Assignment:
Through the line that contains "each leaf has", return the data below exactly, starting at its first line; leave the rest out.
-- Opening Marker --
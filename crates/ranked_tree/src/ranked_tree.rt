//! `RankedTree`, and what a contract sees of it.
ghost use Rattle.std.specs.Prelude.{◌≡◌};

use crate::regions::Regions;
use export_steps::Exports;
use mdcache::MdCache;
use mds_types::Limit;
use objstore::Store;
use std::alloc::Global;
use std::marker::Model;
use subtree_map::Subtrees;

/// A tree over caches and a store, its subtree roots with their ranks, and the exports that stand.
///
/// Of each it holds that the leaves of the root directory are subtree roots, and that only leaves are: so each leaf has
/// one authority; that a rank caches only leaves that it holds, and has places of no other live leaf; that what Finish
/// changes of the exports has its place; and that the tree is sound.
#[derive(Drop)]
pub struct RankedTree<S: Store + Drop> {
    pub(crate) tree: MdCache<S>,
    pub(crate) regions: Regions,
    /// For what is made ready.
    pub(crate) alloc: Global,
}

impl<S: Store + Drop> Model for RankedTree<S> {
    ghost use Rattle.std.specs.Coded.{codes};
    ghost use Rattle.std.specs.FinMap as map;
    ghost use Rattle.ranked_tree.specs.Ranked.{Ranked};
    ghost use Rattle.ranked_tree.specs.Exported.{IsDivided};

    ghost Value = { Ranked };

    ghost coded = { Prim.hlevel (codes, map.code) };

    ghost view = { λ t. record { tree = t.tree; subtrees = t.regions.roots; exports = t.regions.exports } };

    ghost invariant = { λ t. IsDivided t.tree t.regions };
}

impl<S: Store + Drop> RankedTree<S> {
    /// How many entries a directory may have.
    pub fn limit(&self) -> Limit
        ensures { result ≡ self.now.tree.limit }
    {
        self.tree.limit()
    }

    /// The subtree roots with their ranks, to read.
    pub fn roots(&self) -> &Subtrees
        ensures { result.now ≡ self.now.subtrees }
    {
        &self.regions.roots
    }

    /// The exports that stand, to read.
    pub fn exports(&self) -> &Exports
        ensures { result.now ≡ self.now.exports }
    {
        &self.regions.exports
    }
}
-- Closing Marker --
Response area:
filename crates/ranked_tree/src/ranked_tree.rt
//! `RankedTree`, and what a contract sees of it.
ghost use Rattle.std.specs.Prelude.{◌≡◌};

use crate::regions::Regions;
use export_steps::Exports;
use mdcache::MdCache;
use mds_types::Limit;
use objstore::Store;
use std::alloc::Global;
use std::marker::Model;
use subtree_map::Subtrees;

/// A tree over caches and a store, its subtree roots with their ranks, and the exports that stand.
///
/// Of each it holds that the leaves of the root directory are subtree roots, and that only leaves are: so each leaf has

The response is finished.